[Records for this task]
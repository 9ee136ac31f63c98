//! Laws of what is answered of the lines of a module. The functions do nothing: their contracts are the laws.

ghost use Rattle.std.specs.Prelude.{◌≡◌, Bool, List};
ghost use Rattle.vba_lexer.specs.Order.{IsLeastOf};
ghost use Rattle.vba_module.specs.Tree.{Nodes};
ghost use Rattle.vba_module.specs.Verdict.{module_violations};
ghost use Rattle.vba_words.specs.declared.reading.ReadToken.{ReadToken};
ghost use Rattle.module_parser.specs.Parsed.{verdict, IsModule};

/// A module is refused exactly where a rule is broken, by the least of its refusals, by place and then by rule.
#[tactic(auto, using(crate::proofs::Parses::verdict_least))]
pub fn modules_are_refused_by_the_least()
    ensures { (is_class : Bool) (lines : List (List ReadToken)) → IsLeastOf (module_violations is_class lines) (verdict is_class lines) }
{}

/// The lines of a module have one tree at most.
#[tactic(auto, using(crate::proofs::Parses::one_tree))]
pub fn modules_have_one_tree()
    ensures { (is_class : Bool) (lines : List (List ReadToken)) (nodes others : Nodes)
        → IsModule is_class lines nodes → IsModule is_class lines others → nodes ≡ others }
{}
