//! Modules: their lines parsed, the first of the rules S10 to S14 that they break, and the tree of a module.
#![tactic(auto)]

mod laws;
mod parse;

pub use laws::{modules_are_refused_by_the_least, modules_have_one_tree};
pub use parse::{check_module, parse_module, read_module};
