//! The tree of a module, or the first rule of lines and modules that it breaks.

ghost use Rattle.std.specs.Prelude.{◌≡◌, ◌++◌, ◌∷◌, [], None, flat_map, IfOk, IfErr, OnOk};
ghost use Rattle.vba_lexer.specs.Inside.{LiesIn, AllLieIn};
ghost use Rattle.vba_lexer.specs.Lexed.{lines_view};
ghost use Rattle.vba_words.specs.Readings as readings;
ghost use Rattle.refusal_order.specs.Least.{least_of, least_of_both};
ghost use Rattle.vba_module.specs.Blocks.{block_faults};
ghost use Rattle.vba_module.specs.Parts.{parts_of_lines};
ghost use Rattle.vba_module.specs.Verdict.{trees_of, unread_line};
ghost use Rattle.module_parts.specs.View.{part_view, parts_view};
ghost use Rattle.module_tree.specs.View.{tree_view};
ghost use Rattle.module_parser.specs.Parsed.{read_lexed, verdict, IsModule, IsRefused};

use module_parts::{Part, push_parts};
use module_rules::part_refusal;
use module_tree::{ModuleTree, bracket};
use refusal_order::{note, note_both};
use std::alloc::Global;
use vba_base::{NoMemory, OrMemory, Refusal, Units};
use vba_lexer::Line;
use vba_parser::parse_line;

/// The tree of the module with these lines, in a class or not ([MS-VBAL] 4.2, 5.1 to 5.4). The tokens of the lines have to lie in the source,
/// as those do that `lex` gives of it.
///
/// Refuses exactly where one of the rules S10 to S14 is broken, with the least by place and then rule: a line without a tree (S10,
/// S13), an unmatched opening, arm, end or Exit (S11), a misplaced part (S12), a header of a form that may not be (S14).
pub fn parse_module(
    alloc: Global,
    source: &Units,
    lines: &[Line],
    is_class: bool,
) -> Result<ModuleTree<Part>, OrMemory<Refusal>>
    requires { AllLieIn source.now lines.now }
    ensures tree { IfOk result (λ tree. IsModule is_class (read_lexed source.now (lines_view lines.now)) (tree_view part_view tree)) }
    ensures refused { IfErr result (IsRefused is_class (read_lexed source.now (lines_view lines.now))) }
{
    let parts = read_module(alloc, source, lines, is_class)?;
    Ok(bracket(alloc, parts)?)
}

/// Whether the module with these lines breaks one of the rules S10 to S14, in a class or not: what `parse_module` refuses, with the same
/// refusal, without the tree. The tokens of the lines have to lie in the source.
pub fn check_module(
    alloc: Global,
    source: &Units,
    lines: &[Line],
    is_class: bool,
) -> Result<(), OrMemory<Refusal>>
    requires { AllLieIn source.now lines.now }
    ensures unbroken { IfOk result (λ done. verdict is_class (read_lexed source.now (lines_view lines.now)) ≡ None) }
    ensures refused { IfErr result (IsRefused is_class (read_lexed source.now (lines_view lines.now))) }
{
    read_module(alloc, source, lines, is_class)?;
    Ok(())
}

/// The parts of the module with these lines, in a class or not: what `parse_module` reads, with the same refusals, before it is
/// bracketed. The tokens of the lines have to lie in the source.
pub fn read_module(
    alloc: Global,
    source: &Units,
    lines: &[Line],
    is_class: bool,
) -> Result<Vec<Part>, OrMemory<Refusal>>
    requires { AllLieIn source.now lines.now }
    ensures unbroken { IfOk result (λ parts. verdict is_class (read_lexed source.now (lines_view lines.now)) ≡ None) }
    ensures parts { IfOk result (λ parts. parts_view parts.items ≡ parts_of_lines (trees_of (read_lexed source.now (lines_view lines.now)))) }
    ensures matched { IfOk result (λ parts. block_faults [] (parts_view parts.items) ≡ []) }
    ensures refused { IfErr result (IsRefused is_class (read_lexed source.now (lines_view lines.now))) }
{
    let (parts, unread) = read_parts(alloc, source, lines)?;
    let broken = part_refusal(alloc, parts.as_slice(), is_class)?;
    match lesser_of(unread, broken) {
        Some(refusal) => Err(OrMemory::Fault(refusal)),
        None => Ok(parts),
    }
}

/// The lesser of two refusals, of which each may be missing.
fn lesser_of(first: Option<Refusal>, second: Option<Refusal>) -> Option<Refusal>
    ensures { result ≡ least_of_both first second }
{
    let mut least = first;
    note_both(&mut least, second);
    least
}

/// The parts of the lines that have a tree, and the least refusal of the others.
fn read_parts(
    alloc: Global,
    source: &Units,
    lines: &[Line],
) -> Result<(Vec<Part>, Option<Refusal>), NoMemory>
    requires { AllLieIn source.now lines.now }
    ensures parts { IfOk result (λ read. parts_view read.0.items ≡ parts_of_lines (trees_of (read_lexed source.now (lines_view lines.now)))) }
    ensures least { IfOk result (λ read. read.1 ≡ least_of None (flat_map unread_line (read_lexed source.now (lines_view lines.now)))) }
{
    let mut parts = Vec::new(alloc);
    let mut least = None;
    let mut left = lines;
    while let [line, rest @ ..] = left {
        add_line(alloc, source, line, &mut parts, &mut least)?;
        left = rest;
    }
    Ok((parts, least))
}

/// Adds the parts of a line, or notes its refusal.
#[tactic(auto, using(crate::proofs::Parses::parts_more, crate::proofs::Parses::parts_none, crate::proofs::Parses::unread_more, crate::proofs::Parses::unread_none))]
fn add_line(
    alloc: Global,
    source: &Units,
    line: &Line,
    parts: &mut Vec<Part>,
    least: &mut Option<Refusal>,
) -> Result<(), NoMemory>
    requires { LiesIn source.now line.now }
    ensures parts { OnOk result (parts_view parts.new.items ≡ parts_view parts.old.items ++ parts_of_lines (trees_of (readings.read_line source.now line.now.tokens.items ∷ []))) }
    ensures least { OnOk result (least.new ≡ least_of least.old (unread_line (readings.read_line source.now line.now.tokens.items))) }
{
    match parse_line(alloc, source, line) {
        Ok(tree) => push_parts(parts, tree),
        Err(OrMemory::Fault(refusal)) => {
            note(least, refusal);
            Ok(())
        }
        Err(OrMemory::NoMemory) => Err(NoMemory),
    }
}
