// A command about a volume by its verb, and by the words of the text after it.
fn volume_command_by(alloc: Global, verb: &[u8], text: &[u8]) -> Result<Command, Refusal>
    requires { length text.now ≤ 65536 }
    ensures { Gives result (volume_command_of verb.now (words_of text.now)) }
{
    if verb == b"start".as_slice() {
        start(alloc, text)
    } else if verb == b"step".as_slice() {
        step(text)
    } else if verb == b"settle".as_slice() {
        settle(text)
    } else if verb == b"merge".as_slice() {
        merge(text)
    } else if verb == b"resume".as_slice() {
        resume(text)
    } else if verb == b"finish".as_slice() {
        finish(text)
    } else if verb == b"checkpoint".as_slice() {
        checkpoint(text)
    } else if verb == b"stop".as_slice() {
        stop(text)
    } else if verb == b"status".as_slice() {
        status(text)
    } else if verb == b"table".as_slice() {
        table(text)
    } else if verb == b"map".as_slice() {
        map(text)
    } else {
        Err(Refusal::BadTable)
    }
}

// A command by its verb, and by the words of the text after it.
fn command_by(alloc: Global, verb: &[u8], text: &[u8]) -> Result<Command, Refusal>
    requires { length text.now ≤ 65536 }
    ensures { Gives result (command_of (verb.now ∷ words_of text.now)) }
{
    if verb == b"disk".as_slice() {
        disk(text)
    } else if verb == b"create".as_slice() {
        create(alloc, text)
    } else if verb == b"remove".as_slice() {
        remove(text)
    } else if verb == b"load".as_slice() {
        load(alloc, text)
    } else if verb == b"save".as_slice() {
        save(text)
    } else if verb == b"copy".as_slice() {
        copy(text)
    } else if verb == b"ls".as_slice() {
        list(text)
    } else if verb == b"message".as_slice() {
        message(text)
    } else if verb == b"tick".as_slice() {
        tick(text)
    } else if verb == b"read".as_slice() {
        read(text)
    } else if verb == b"write".as_slice() {
        write(alloc, text)
    } else if verb == b"flush".as_slice() {
        flush(text)
    } else {
        volume_command_by(alloc, verb, text)
    }
}

/// The command that the words of a text say.
pub fn command_in(alloc: Global, text: &[u8]) -> Result<Command, Refusal>
    requires { length text.now ≤ 65536 }
    ensures { Gives result (command_of (words_of text.now)) }
{
    let Some((verb, rest)) = next_word(text) else {
        return Err(Refusal::BadTable);
    };
    command_by(alloc, verb, rest)
}
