// Data words, `COUNT*HH` each.
ghost use Rattle.std.specs.Prelude.{◌≡◌, ◌≤◌, ◌<◌, ◌+◌, ◌*◌, ◌^◌, ◌++◌, ◌∷◌, [], length, replicate, true, false, OnOk, IfOk, IfSome, MatchOption, vec_len};
ghost use Rattle.words.specs.Given.{Gives};
ghost use Rattle.words.specs.Words.{words_of};
ghost use Rattle.command.specs.Words.{sectors_of};
ghost use Rattle.command.specs.DataWords.{is_hex, hex_value, run_of, are_runs, total, data_of, size_of, payload_of};

use sector::{Buf, Refusal, SECTOR_BYTES};
use std::alloc::{AllocError, Global};
use std::mem;
use words::{next_word, number};

/// The greatest count of a data word.
const LONGEST_RUN: u32 = 1_048_576;

/// The most sectors that one command reads or writes.
const MOST_SECTORS: u32 = 2048;

/// So many bytes of a line have memory of their own at most. More stand in a room that is used again, so that the lines of a
/// run that have many take no more memory than the longest.
pub const MANY_BYTES: usize = 65_536;

/// Equal bytes.
#[derive(Clone, Copy)]
pub struct DataRun {
    pub count: u32,
    pub byte: u8,
}

fn is_hex_digit(c: u8) -> bool
    ensures { result ≡ is_hex c }
{
    c.is_ascii_digit() || (b'a' <= c && c <= b'f')
}

fn hex_number(c: u8) -> u8
    requires { is_hex c ≡ true }
    ensures value { result ≡ hex_value c }
    ensures small { result < 16 }
{
    if c.is_ascii_digit() {
        c - b'0'
    } else {
        c - b'a' + 10
    }
}

/// The run that a word says, `COUNT*HH`: a count from 1 to 1,048,576, and two lower-case hexadecimal digits; `None` for a word of
/// another form.
pub fn run_in(word: &[u8]) -> Option<DataRun>
    ensures value { result ≡ run_of word.now }
    ensures small { IfSome result (λ run. run.count ≤ 1048576) }
{
    let end = word.len();
    if end < 4 {
        return None;
    }
    let count = number(&word[..end - 3])?;
    let (star, high, low) = (word[end - 3], word[end - 2], word[end - 1]);
    if 0 < count
        && count <= LONGEST_RUN
        && star == b'*'
        && is_hex_digit(high)
        && is_hex_digit(low)
    {
        let byte = 16 * hex_number(high) + hex_number(low);
        Some(DataRun { count, byte })
    } else {
        None
    }
}

/// How many bytes the words of a text say; `None` where one is no run.
#[tactic(auto, using(crate::proofs::Cut::one_run, crate::proofs::Cut::one_total, crate::proofs::Cut::no_run, crate::proofs::Cut::none_are_runs, crate::proofs::Cut::none_total))]
fn size_in(text: &[u8]) -> Option<u64>
    requires { length text.now ≤ 65536 }
    ensures size { MatchOption result (are_runs (words_of text.now) ≡ false) (λ size. (are_runs (words_of text.now) ≡ true) × (size ≡ total (words_of text.now))) }
    ensures small { IfSome result (λ size. size ≤ 2 ^ 40) }
{
    let mut size = 0u64;
    let mut rest = text;
    while let Some((word, left)) = next_word(rest) {
        size += u64::from(run_in(word)?.count);
        rest = left;
    }
    Some(size)
}

/// Adds equal bytes at the end.
fn push_run(out: &mut Vec<u8>, run: DataRun) -> Result<(), AllocError>
    requires { vec_len out.old + run.count < 2 ^ 64 }
    ensures { OnOk result (out.new.items ≡ out.old.items ++ replicate run.count run.byte) }
{
    out.resize(out.len() + run.count as usize, run.byte)?;
    Ok(())
}

/// The bytes that the runs of a text say, `size` of them, in a vector that is given, in the place of what it holds.
#[tactic(auto, using(crate::proofs::Cut::one_data, crate::proofs::Cut::none_data))]
fn data_in(mut out: Vec<u8>, text: &[u8], size: usize) -> Result<Vec<u8>, AllocError>
    requires { length text.now ≤ 65536 }
    ensures { IfOk result (λ v. v.items ≡ data_of (words_of text.now)) }
{
    out.clear();
    out.reserve(size)?;
    let mut rest = text;
    while let Some((word, left)) = next_word(rest) {
        if let Some(run) = run_in(word) {
            push_run(&mut out, run)?;
        }
        rest = left;
    }
    Ok(out)
}

/// A number of sectors that one command may move: 1 to 2048, else `OutOfRange`.
pub fn sectors(count: u32) -> Result<u32, Refusal>
    ensures { result ≡ sectors_of count }
{
    if 0 < count && count <= MOST_SECTORS {
        Ok(count)
    } else {
        Err(Refusal::OutOfRange)
    }
}

/// How many bytes the data words of a text say for a command. `BadTable` where there is no word, where one has another form,
/// or where they don't fill whole sectors, and then `OutOfRange` for more than 2048 sectors.
#[tactic(auto, using(crate::proofs::Cut::some_words, crate::proofs::Cut::no_words))]
fn payload_size(text: &[u8]) -> Result<usize, Refusal>
    requires { length text.now ≤ 65536 }
    ensures { result ≡ size_of (words_of text.now) }
{
    let Some(size) = size_in(text) else {
        return Err(Refusal::BadTable);
    };
    if size == 0 || size % SECTOR_BYTES as u64 != 0 {
        return Err(Refusal::BadTable);
    }
    sectors((size / SECTOR_BYTES as u64) as u32)?;
    Ok(size as usize)
}

/// The word of a text that has one alone.
fn only_word(text: &[u8]) -> Option<&[u8]>
    ensures { IfSome result (λ word. words_of text.now ≡ word.now ∷ []) }
{
    let (word, rest) = next_word(text)?;
    if next_word(rest).is_some() {
        return None;
    }
    Some(word)
}

/// The bytes of the sectors that one data word says, made at once. Refused as `payload_size` is; then `NoMemory`.
fn even_payload(alloc: Global, word: &[u8]) -> Result<Buf, Refusal>
    ensures { Gives result (payload_of (word.now ∷ [])) }
{
    let Some(run) = run_in(word) else {
        return Err(Refusal::BadTable);
    };
    if run.count as usize % SECTOR_BYTES != 0 {
        return Err(Refusal::BadTable);
    }
    sectors(run.count / SECTOR_BYTES as u32)?;
    let bytes = vec![in alloc; run.byte; run.count as usize].map_err(|_| Refusal::NoMemory)?;
    Ok(Buf::from_vec(bytes))
}

/// The bytes of the sectors that the data words of a text say, of which there are several. Refused as `payload_size` is; then
/// `NoMemory`.
#[inline(never)]
fn uneven_payload(alloc: Global, room: &mut Vec<u8>, text: &[u8]) -> Result<Buf, Refusal>
    requires { length text.now ≤ 65536 }
    ensures { Gives result (payload_of (words_of text.now)) }
{
    let size = payload_size(text)?;
    let mut held = Vec::new(alloc);
    if size > MANY_BYTES {
        mem::swap(&mut held, room);
    }
    let bytes = data_in(held, text, size).map_err(|_| Refusal::NoMemory)?;
    Ok(Buf::from_vec(bytes))
}

/// The bytes of the sectors that the data words of a text say. More than `MANY_BYTES` that several words say stand in the memory
/// of the room, and leave it empty. Refused as `payload_size` is; then `NoMemory`.
pub fn payload(alloc: Global, room: &mut Vec<u8>, text: &[u8]) -> Result<Buf, Refusal>
    requires { length text.now ≤ 65536 }
    ensures { Gives result (payload_of (words_of text.now)) }
{
    if let Some(word) = only_word(text) {
        return even_payload(alloc, word);
    }
    // Taken and given again: a result in whose place a call out of line answers is kept in memory, also above.
    let bytes = uneven_payload(alloc, room, text)?;
    Ok(bytes)
}
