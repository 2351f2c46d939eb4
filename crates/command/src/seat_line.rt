// What a line of a block asks for.

use sector::Buf;
use words::Name;

/// What a seat is to do. Numbers of sectors and places are in sectors; bytes are whole sectors.
#[derive(Drop)]
pub enum Work {
    /// `read DEV S N`: reads an origin or snapshot. `count` is 1 to 2048.
    Read { name: Name, first: u32, count: u32 },
    /// `write DEV S DATA`: writes an origin or snapshot. 1 to 2048 sectors.
    Write { name: Name, first: u32, bytes: Buf },
    /// `merge SNAP`: merges a snapshot into its origin.
    Merge { name: Name },
    /// A read of a number of sectors outside 1 to 2048, which is refused as its turn comes.
    OutsideRead { name: Name },
    /// A write of such a number.
    OutsideWrite { name: Name },
}

/// A line of a block: the seat whose line it is, 1 to 8, and what that is to do.
#[derive(Drop)]
pub struct SeatLine {
    pub seat: u8,
    pub work: Work,
}
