// Events of a volume, one by one.
ghost use Rattle.std.specs.Prelude.{◌≡◌};
ghost use Rattle.words.specs.Words.{words_of};
ghost use Rattle.command.specs.Events.{event_of, merge_event_of, event_in};

use sector::Refusal;
use words::{Name, next_word, numeral};

/// An event of a volume. A request and a copy are told by their numbers, a snapshot by its name; a volume has one merge at
/// most.
#[derive(Drop)]
pub enum EventWords {
    /// `issue R`: the request's read, write or flush, and its reply; of a flush of the origin beside a merge the flush of the
    /// merging store first, without a reply.
    Issue(u32),
    /// `copy-read P`: reads a copy's chunk from the origin disk.
    CopyRead(u32),
    /// `copy-write P`: writes it to the store.
    CopyWrite(u32),
    /// `publish P`: from here on the snapshot has its own copy of the chunk.
    Publish(u32),
    /// `zero-next SNAP`: zeroes the area after the one that the next pair fills.
    ZeroNext(Name),
    /// `write-area SNAP`: writes the area with the first copies' pairs added.
    WriteArea(Name),
    /// `write-invalid SNAP`: marks the store of a spoiled snapshot.
    WriteInvalid(Name),
    /// `flush-store SNAP`: flushes the store, so that its copies, its pairs and its mark are on its disk.
    FlushStore(Name),
    /// `merge-group`: takes the last run of pairs of the area for merging.
    MergeGroup,
    /// `merge-area-read`: reads the area before the one that is merged empty.
    MergeAreaRead,
    /// `merge-read`: reads a chunk of the group from the store.
    MergeRead,
    /// `merge-write`: writes it to the origin disk.
    MergeWrite,
    /// `merge-flush`: flushes the origin, all chunks of the group being copied.
    MergeFlush,
    /// `merge-commit`: writes the area with the group's slots cleared.
    MergeCommit,
    /// `merge-release`: ends the group.
    MergeRelease,
}

// An event by its word, and what it is about.
#[tactic(auto, unfolding(crate::specs::Events::event_of))]
fn event_of(kind: &[u8], subject: &[u8]) -> Result<EventWords, Refusal>
    ensures { result ≡ event_of kind.now subject.now }
{
    if kind == b"issue".as_slice() {
        Ok(EventWords::Issue(numeral(subject)?))
    } else if kind == b"copy-read".as_slice() {
        Ok(EventWords::CopyRead(numeral(subject)?))
    } else if kind == b"copy-write".as_slice() {
        Ok(EventWords::CopyWrite(numeral(subject)?))
    } else if kind == b"publish".as_slice() {
        Ok(EventWords::Publish(numeral(subject)?))
    } else if kind == b"zero-next".as_slice() {
        Ok(EventWords::ZeroNext(Name::new(subject)?))
    } else if kind == b"write-area".as_slice() {
        Ok(EventWords::WriteArea(Name::new(subject)?))
    } else if kind == b"write-invalid".as_slice() {
        Ok(EventWords::WriteInvalid(Name::new(subject)?))
    } else if kind == b"flush-store".as_slice() {
        Ok(EventWords::FlushStore(Name::new(subject)?))
    } else {
        Err(Refusal::BadTable)
    }
}

// An event of a merge by its word.
#[tactic(auto, unfolding(crate::specs::Events::merge_event_of))]
fn merge_event_of(kind: &[u8]) -> Result<EventWords, Refusal>
    ensures { result ≡ merge_event_of kind.now }
{
    if kind == b"merge-group".as_slice() {
        Ok(EventWords::MergeGroup)
    } else if kind == b"merge-area-read".as_slice() {
        Ok(EventWords::MergeAreaRead)
    } else if kind == b"merge-read".as_slice() {
        Ok(EventWords::MergeRead)
    } else if kind == b"merge-write".as_slice() {
        Ok(EventWords::MergeWrite)
    } else if kind == b"merge-flush".as_slice() {
        Ok(EventWords::MergeFlush)
    } else if kind == b"merge-commit".as_slice() {
        Ok(EventWords::MergeCommit)
    } else if kind == b"merge-release".as_slice() {
        Ok(EventWords::MergeRelease)
    } else {
        Err(Refusal::BadTable)
    }
}

/// The event that the words of a text say. `BadTable` for words that are none.
pub fn event_in(text: &[u8]) -> Result<EventWords, Refusal>
    ensures { result ≡ event_in (words_of text.now) }
{
    let Some((kind, rest)) = next_word(text) else {
        return Err(Refusal::BadTable);
    };
    let Some((subject, rest)) = next_word(rest) else {
        return merge_event_of(kind);
    };
    if next_word(rest).is_some() {
        return Err(Refusal::BadTable);
    }
    event_of(kind, subject)
}
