//! Command lines: what a line of the command file says, and the lines of a block, which are to run at once.
//!
//! It stands on `words` for the forms of words, names and numbers, on `table` for table lines, on `layers` for messages,
//! and on `sector` for data and refusals. It promises that a line is read exactly as the grammar in `specs/` says
//! (`said_of`, and below it one definition for each command), with the first refusal in the stated order. Nothing but
//! want of memory can change an answer. It knows no device: whether a name is there, and what the command does, is the
//! caller's. A block is what its lines say, one after the other (`with_line`), with the first of its refusals (`first_refusal`).
//!
//! Data stands in a line as runs of equal bytes (`data_words`). What a command answers, and the line that prints it, is of the crate
//! `command_replies`.
#![tactic(auto)]

mod block;
mod block_line;
mod data_words;
mod events;
mod found;
mod grammar;
mod line;
mod messages;
mod opening;
mod seat_line;

pub use block::LineBlock;
pub use block_line::{Said, said_by};
pub use data_words::{DataRun, MANY_BYTES, run_in};
pub use events::EventWords;
pub use found::{NameFound, refusal_among};
pub use grammar::Command;
pub use line::{LINE_LIMIT, said};
pub use opening::{Opening, is_par, opening_by};
pub use seat_line::{SeatLine, Work};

[Assignment]
Your answer must be a copy of every line in the data above that holds the string "remove".

[Reply]
    } else if verb == b"remove".as_slice() {
        remove(text)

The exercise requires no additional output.